Google announced the launch of a new company, called Calico, on September 19, 2013, to be led by Apple Inc. chairman Arthur Levinson. In the official public statement, Page explained that the "health and well-being" company would focus on "the challenge of ageing and associated diseases".
Entrance of building where Google and its subsidiary Deep Mind are located at 6 Pancras Square, London
On January 26, 2014, Google announced it had agreed to acquire DeepMind Technologies, a privately held artificial intelligence company from London. Technology news website Recode reported that the company was purchased for $400 million, yet the source of the information was not disclosed. A Google spokesperson declined to comment on the price. The purchase of DeepMind aids in Google's recent growth in the artificial intelligence and robotics community.
According to Interbrand's annual Best Global Brands report, Google has been the second most valuable brand in the world (behind Apple Inc.) in 2013, 2014, 2015, and 2016, with a valuation of $133 billion.
On August 10, 2015, Google announced plans to reorganize its various interests as a conglomerate named Alphabet Inc. Google became Alphabet's largest subsidiary and the umbrella company for Alphabet's Internet interests. Upon completion of the restructuring, Sundar Pichai became CEO of Google, replacing Larry Page, who became CEO of Alphabet.
On August 8, 2017, Google fired employee James Damore after he distributed a memo throughout the company that argued bias and "Google's Ideological Echo Chamber" clouded their thinking about diversity and inclusion, and that it is also biological factors, not discrimination alone, that cause the average woman to be less interested than men in technical positions. Google CEO Sundar Pichai accused Damore of violating company policy by "advancing harmful gender stereotypes in our workplace", and he was fired on the same day.

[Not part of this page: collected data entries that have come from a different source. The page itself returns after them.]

// The limits of the histogram's buckets (document 02, #106): the rule holds for all 176, and a load goes to the highest that does
// not exceed it. Statements in `specs`, theorems in `proofs`, no code.
#![tactic(auto)]
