ghost use Rattle.std.specs.Prelude.{◌≡◌, ◌<◌, ℕ, length, IfOk};
ghost use Rattle.std.specs.declared.option.Option.{Option};
ghost use Rattle.std.specs.Io.{ReadsAtMost, WritesAtMost};
ghost use Rattle.ots_base.specs.Cause.{HasCause};
ghost use Rattle.ots_outside.specs.Link.{LinkTold, LinkReads, LinkWrites};

use crate::Failed;

/// A connection: bytes that come, read once from their start, and bytes that are sent, each piece
/// after the one before.
///
/// The input of a link is what its reads have given and what is left. A link that tells nothing
/// never begins to tell, and one that tells never stops.
pub trait Link {
    /// The bytes left, those that its reads have given and those that it has taken, where they are
    /// told.
    ghost told: { Self → Option LinkTold };

    /// How often a call has failed. At 2^64 - 1 the count stays.
    ghost faults: { Self → ℕ };

    /// What stays of an earlier value in a later one. Every call keeps it.
    ghost same: { Self → Self → Type 0 };

    /// As `Source::read`. It changes only the bytes left and given.
    fn read(&mut self, buf: &mut [u8]) -> Result<usize, Failed>
        ensures bound { ReadsAtMost result buf.new }
        ensures bytes { LinkReads (told self.old) (told self.new) result buf.new }
        ensures cause { HasCause (faults self.old) (faults self.new) result }
        ensures same { same self.old self.new };

    /// As `Sink::write`. It changes only the bytes taken.
    fn write(&mut self, piece: &[u8]) -> Result<usize, Failed>
        ensures bound { WritesAtMost result piece.now }
        ensures some { 0 < length piece.now → IfOk result (λ count. 0 < count) }
        ensures bytes { LinkWrites (told self.old) (told self.new) result piece.now }
        ensures cause { HasCause (faults self.old) (faults self.new) result }
        ensures same { same self.old self.new };

    /// Says that nothing more is written, so that the other side meets the end at once, and not
    /// when the link is let go. All that is told stays, and so does the count.
    fn finish(&mut self)
        ensures told { told self.new ≡ told self.old }
        ensures faults { faults self.new ≡ faults self.old }
        ensures same { same self.old self.new };

    ghost same_refl: { (s : Self) → same s s };

    ghost same_trans: { (s t u : Self) → same s t → same t u → same s u };
}
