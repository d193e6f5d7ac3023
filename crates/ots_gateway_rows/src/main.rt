//! Rows of a gateway as data. The script on standard input says which links come in and what each sends, which
//! nonces are drawn, what the calendars reply, which calls fail and what is run; the transcript on standard
//! output repeats each line, and has what came of it below. `interop/gateway_rows.py` makes the transcript that
//! is expected, and runs nothing of this repository.
//!
//! | line | what it says |
//! |---|---|
//! | `# ..` | nothing: what the rows below it show |
//! | an empty one | all is put back but the named bytes: no link, no nonce, no reply |
//! | `let NAME PIECES` | these bytes have a name, and are `$NAME` in the lines below |
//! | `link PIECES` | one link more, and what it sends |
//! | `links N PIECES` | so many links more, each of which sends this |
//! | `nonces PIECES` | the nonces that each run draws, one after the other, 16 bytes each |
//! | `reply PIECES` | one reply more; the conversations of each run take the replies in order |
//! | `OBJECT fails N..` | these of its calls fail in the next run |
//! | `otsgate WORDS` | a run; `""` is the empty word |
//! | `took N PIECES` | asks whether the Nth link that the last run gave back has taken these bytes |
//! | `sent N PIECES` | asks whether the last run sent these bytes in its Nth conversation |
//! | `each OBJECT N` | begins a block of lines, up to the line `end` |
//!
//! An object is the `accepter`, the `dialer`, the `nonces`, the `sink`, or `link` with its number after it, of
//! which the first is 1, as is the first call of an object. A piece is as `ots_row_words` has it. Links, nonces and
//! replies are those of each run up to the next empty line. A block is done N times: in its first run the first
//! call of the object fails, then the second, up to the Nth, which may be more than there are. What came of several
//! calls side by side is told once, where it was the same.
//!
//! A run is told by what it printed, its status, how many links were accepted, were given back and are still to
//! come, what each link has taken that was given back, and for each conversation the host, the port and what was
//! sent. Of more than 32 links it is told what they have taken in all, one after the other. Want of memory is no row.
#![tactic(auto)]

mod call;
mod each;
mod links;
mod on;
mod run;
mod scene;
mod script;
mod told;

use crate::script::Script;
use ots_row_words::Said;
use std::alloc::AllocError;
use std::io;

fn main(rt: HostRuntime) -> io::Result<()> {
    let alloc = rt.alloc();
    let mut script = Script::new(alloc);
    let mut said = Said::new(alloc);
    for line in rt.lines(alloc) {
        script.obey(&rt, alloc, line?.as_str(), &mut said)?;
        rt.print(said.text().ok_or(AllocError)?)?;
        said.clear();
    }
    Ok(())
}
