ghost use Rattle.std.specs.Prelude.{◌≡◌, ◌<◌, ℕ, length, IsTrue, IfOk, OnErr, IsErrOf};
ghost use Rattle.std.specs.Io.{ReadsAtMost, WritesAtMost};
ghost use Rattle.ots_base.specs.Cause.{HasCause, HasCauseWhere};
ghost use Rattle.ots_outside.specs.Dialer.{DialerTold, unconnected, is_connected, reply_of, place_sent, ReplyReads};
ghost use Rattle.ots_outside.specs.Dialer.{SameButConnection, SameButSent, KeepsConversations, Connects, SendsTo};
ghost use Rattle.ots_outside.specs.Dialer.{replies_after};

use crate::{Failed, Slot};

/// Why no conversation was begun.
#[derive(Clone, Copy, Debug, PartialEq, Eq)]
pub enum DialError {
    /// The call failed, and the dialer has counted the fault.
    Failed,
    /// Memory ran out.
    OutOfMemory,
}

/// Conversations with hosts, as over sockets.
///
/// A conversation is begun with a host and a port. What is sent in it is written at its end, and
/// its reply is read once from its start, through a slot of its own until that is closed. A call on
/// one slot leaves what is told of the others.
pub trait Dialer {
    /// What it tells: the replies to come, what was sent, and what each slot is connected to.
    ghost told: { Self → DialerTold };

    /// How often a call has failed. At 2^64 - 1 the count stays.
    ghost faults: { Self → ℕ };

    /// Begins a conversation. It takes the next reply of the list, or the empty one at the list's
    /// end, also where it answers `Failed`; after `OutOfMemory` the replies to come are as before.
    /// After `Ok` that reply is what the slot has left, and what was sent is longer by this host
    /// and port with no bytes. After a refusal what was sent is as before.
    fn connect(&mut self, host: &str, port: u16) -> Result<Slot, DialError>
        ensures ok { IfOk result (λ slot. Connects host.now port slot.0 (told self.old) (told self.new)) }
        ensures err { OnErr result (KeepsConversations (told self.old) (told self.new)) }
        ensures replies { (told self.new).replies ≡ replies_after (told self.old).replies result }
        ensures cause { HasCauseWhere (IsErrOf result DialError.Failed) (faults self.old) (faults self.new) };

    /// Reads what a connected slot has left of its reply, as `Source::read` does.
    fn read(&mut self, slot: Slot, buf: &mut [u8]) -> Result<usize, Failed>
        requires { IsTrue (is_connected ((told self.old).slots slot.0)) }
        ensures bound { ReadsAtMost result buf.new }
        ensures bytes { ReplyReads (reply_of ((told self.old).slots slot.0)) (reply_of ((told self.new).slots slot.0))
            result buf.new }
        ensures cause { HasCause (faults self.old) (faults self.new) result }
        ensures open { IsTrue (is_connected ((told self.new).slots slot.0)) }
        ensures entry { place_sent ((told self.new).slots slot.0) ≡ place_sent ((told self.old).slots slot.0) }
        ensures others { SameButConnection slot.0 (told self.old) (told self.new) };

    /// Writes to what a connected slot has sent, as `Sink::write` does.
    fn write(&mut self, slot: Slot, piece: &[u8]) -> Result<usize, Failed>
        requires { IsTrue (is_connected ((told self.old).slots slot.0)) }
        ensures bound { WritesAtMost result piece.now }
        ensures some { 0 < length piece.now → IfOk result (λ count. 0 < count) }
        ensures bytes { SendsTo (place_sent ((told self.old).slots slot.0)) (told self.old) (told self.new) result
            piece.now }
        ensures cause { HasCause (faults self.old) (faults self.new) result }
        ensures others { SameButSent (told self.old) (told self.new) };

    /// Closes a slot. One that is closed already stays so.
    fn close(&mut self, slot: Slot)
        ensures closed { (told self.new).slots slot.0 ≡ unconnected }
        ensures others { SameButConnection slot.0 (told self.old) (told self.new) }
        ensures faults { faults self.new ≡ faults self.old };
}
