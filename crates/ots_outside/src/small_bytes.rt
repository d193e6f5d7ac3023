ghost use Rattle.std.specs.Prelude.{◌≡◌};
ghost use Rattle.std.specs.Option.{SomeIff};
ghost use Rattle.ots_outside.specs.SmallBytes.{IsSmall};

use std::marker::Model;

/// The most bytes of a digest that a calendar is asked for or given (opentimestamps-server,
/// `otsserver/rpc.py`, `MAX_DIGEST_LENGTH`).
pub const MAX_DIGEST: usize = 64;

/// 1 to 64 bytes, kept in place. Bytes past them are zero, so that what is kept is determined by
/// them.
#[derive(Clone, Copy, Debug)]
pub struct SmallBytes {
    bytes: [u8; MAX_DIGEST],
    length: usize,
}

impl Model for SmallBytes {
    ghost use Rattle.std.specs.Prelude.{ℕ, List, take};
    ghost use Rattle.ots_outside.specs.KeptBytes.{IsKept, kept_of, kept_again};

    ghost Value = { List ℕ };

    ghost view = { λ s. take s.length s.bytes };

    ghost invariant = { λ s. IsKept s.bytes s.length };

    ghost inverse = { λ bytes. kept_of bytes };

    ghost inverse_ok = { λ s h. kept_again s h };
}

impl SmallBytes {
    /// These bytes: `None` exactly where they are none or more than 64.
    pub fn new(bytes: &[u8]) -> Option<SmallBytes>
        ensures { SomeIff result (IsSmall bytes.now) bytes.now }
    {
        let length = bytes.len();
        if length == 0 || length > MAX_DIGEST {
            return None;
        }
        let mut kept = [0; MAX_DIGEST];
        kept[..length].copy_from_slice(bytes);
        Some(SmallBytes {
            bytes: kept,
            length,
        })
    }

    /// The bytes.
    pub fn bytes(&self) -> &[u8]
        ensures bytes { result.now ≡ self.now }
        ensures limits { IsSmall self.now }
    {
        &self.bytes[..self.length]
    }
}
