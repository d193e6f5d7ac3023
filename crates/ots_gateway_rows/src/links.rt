// The links of a run, and what came of them.
ghost use Rattle.std.specs.Prelude.{Some, All, IfOk};
ghost use Rattle.ots_outside.specs.Link.{IsFresh};

use crate::on::{Coming, On};
use ots_base::OutOfMemory;
use ots_io::{Accepter, BytesLink, ListAccepter};
use std::alloc::Global;
use std::collections::VecDeque;

/// How many bytes a link takes: a tree of 10,000 with its head, and more.
const LINK_ROOM: usize = 16_384;

/// What was done with the links of a run.
#[derive(Drop)]
pub struct Links {
    pub accepted: u64,
    pub coming: usize,
    /// What each link has taken that was given back, in order.
    pub taken: Vec<Vec<u8>>,
}

/// Where the links come in.
pub fn accepter_of(alloc: Global, on: &On) -> Result<ListAccepter<BytesLink>, OutOfMemory> {
    let links = links_of(alloc, &on.links)?;
    ListAccepter::new(alloc, links, &on.failing.accepter)
}

/// The links, of which none was read or written yet.
fn links_of(alloc: Global, coming: &[Coming]) -> Result<VecDeque<BytesLink>, OutOfMemory>
    ensures { IfOk result (λ links. All (λ link. IsFresh (Some link.link) link.faults) links.items) }
{
    let mut links = VecDeque::new(alloc);
    for link in coming {
        links.push_back(new_link(alloc, link)?)?;
    }
    Ok(links)
}

/// A link that sends these bytes.
fn new_link(alloc: Global, link: &Coming) -> Result<BytesLink, OutOfMemory>
    ensures { IfOk result (λ link. IsFresh (Some link.link) link.faults) }
{
    BytesLink::new(alloc, &link.bytes, &[], LINK_ROOM, &link.failing)
}

/// What was done with the links.
pub fn links_after(
    alloc: Global,
    accepter: &ListAccepter<BytesLink>,
) -> Result<Links, OutOfMemory> {
    let mut taken = Vec::new(alloc);
    for link in accepter.returned() {
        taken.push(link.taken().to_vec(alloc)?)?;
    }
    Ok(Links {
        accepted: accepter.accepted(),
        coming: accepter.coming(),
        taken,
    })
}
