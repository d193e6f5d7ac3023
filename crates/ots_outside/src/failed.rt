/// A call of the outside failed. Its object has counted the fault, so a caller that compares the
/// counts before and after a run knows whether any call failed.
#[derive(Clone, Copy, Debug, PartialEq, Eq)]
pub struct Failed;
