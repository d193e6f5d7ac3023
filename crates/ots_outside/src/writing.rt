ghost use Rattle.std.specs.Prelude.{OnOk};
ghost use Rattle.ots_base.specs.Cause.{HasCause};
ghost use Rattle.ots_outside.specs.Streams.{Takes, TakesPrefix};

use crate::{Failed, Sink};

/// Writes all the bytes, or a prefix of them where a write fails.
pub fn write_all<K: Sink>(sink: &mut K, bytes: &[u8]) -> Result<(), Failed>
    ensures whole { OnOk result (Takes (K.taken sink.old) (K.taken sink.new) bytes.now) }
    ensures prefix { TakesPrefix (K.taken sink.old) (K.taken sink.new) bytes.now }
    ensures cause { HasCause (K.faults sink.old) (K.faults sink.new) result }
    ensures same { K.same sink.old sink.new }
{
    let mut at = 0;
    while at < bytes.len() {
        at += sink.write(&bytes[at..])?;
    }
    Ok(())
}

Between 2018 and 2019, tensions between the company's leadership and its workers escalated as staff protested company decisions on internal sexual harassment, Dragonfly, a censored Chinese search engine, and Project Maven, a military drone artificial intelligence, which had been seen as areas of revenue growth for the company. On October 25, 2018, The New York Times published the exposé, "How Google Protected Andy Rubin, the 'Father of Android'". The company subsequently announced that "48 employees have been fired over the last two years" for sexual misconduct. On November 1, 2018, more than 20,000 Google employees and contractors staged a global walk-out to protest the company's handling of sexual harassment complaints. CEO Sundar Pichai was reported to be in support of the protests. Later in 2019, some workers accused the company of retaliating against internal activists.
On March 19, 2019, Google announced that it would enter the video game market, launching a cloud gaming platform called Google Stadia.
In April 2020, due to the COVID-19 pandemic, Google announced several cost-cutting measures. Such measures included slowing down hiring for the remainder of 2020, except for a small number of strategic areas, recalibrating the focus and pace of investments in areas like data centers and machines, and non-business essential marketing and travel. Most employees were also working from home due to the COVID-19 pandemic and the success of it even led to Google announcing that they would be permanently converting some of their jobs to work from home
The 2020 Google services outages disrupted Google services: one in August that affected Google Drive among others, another in November affecting YouTube, and a third in December affecting the entire suite of Google applications. All three outages were resolved within hours.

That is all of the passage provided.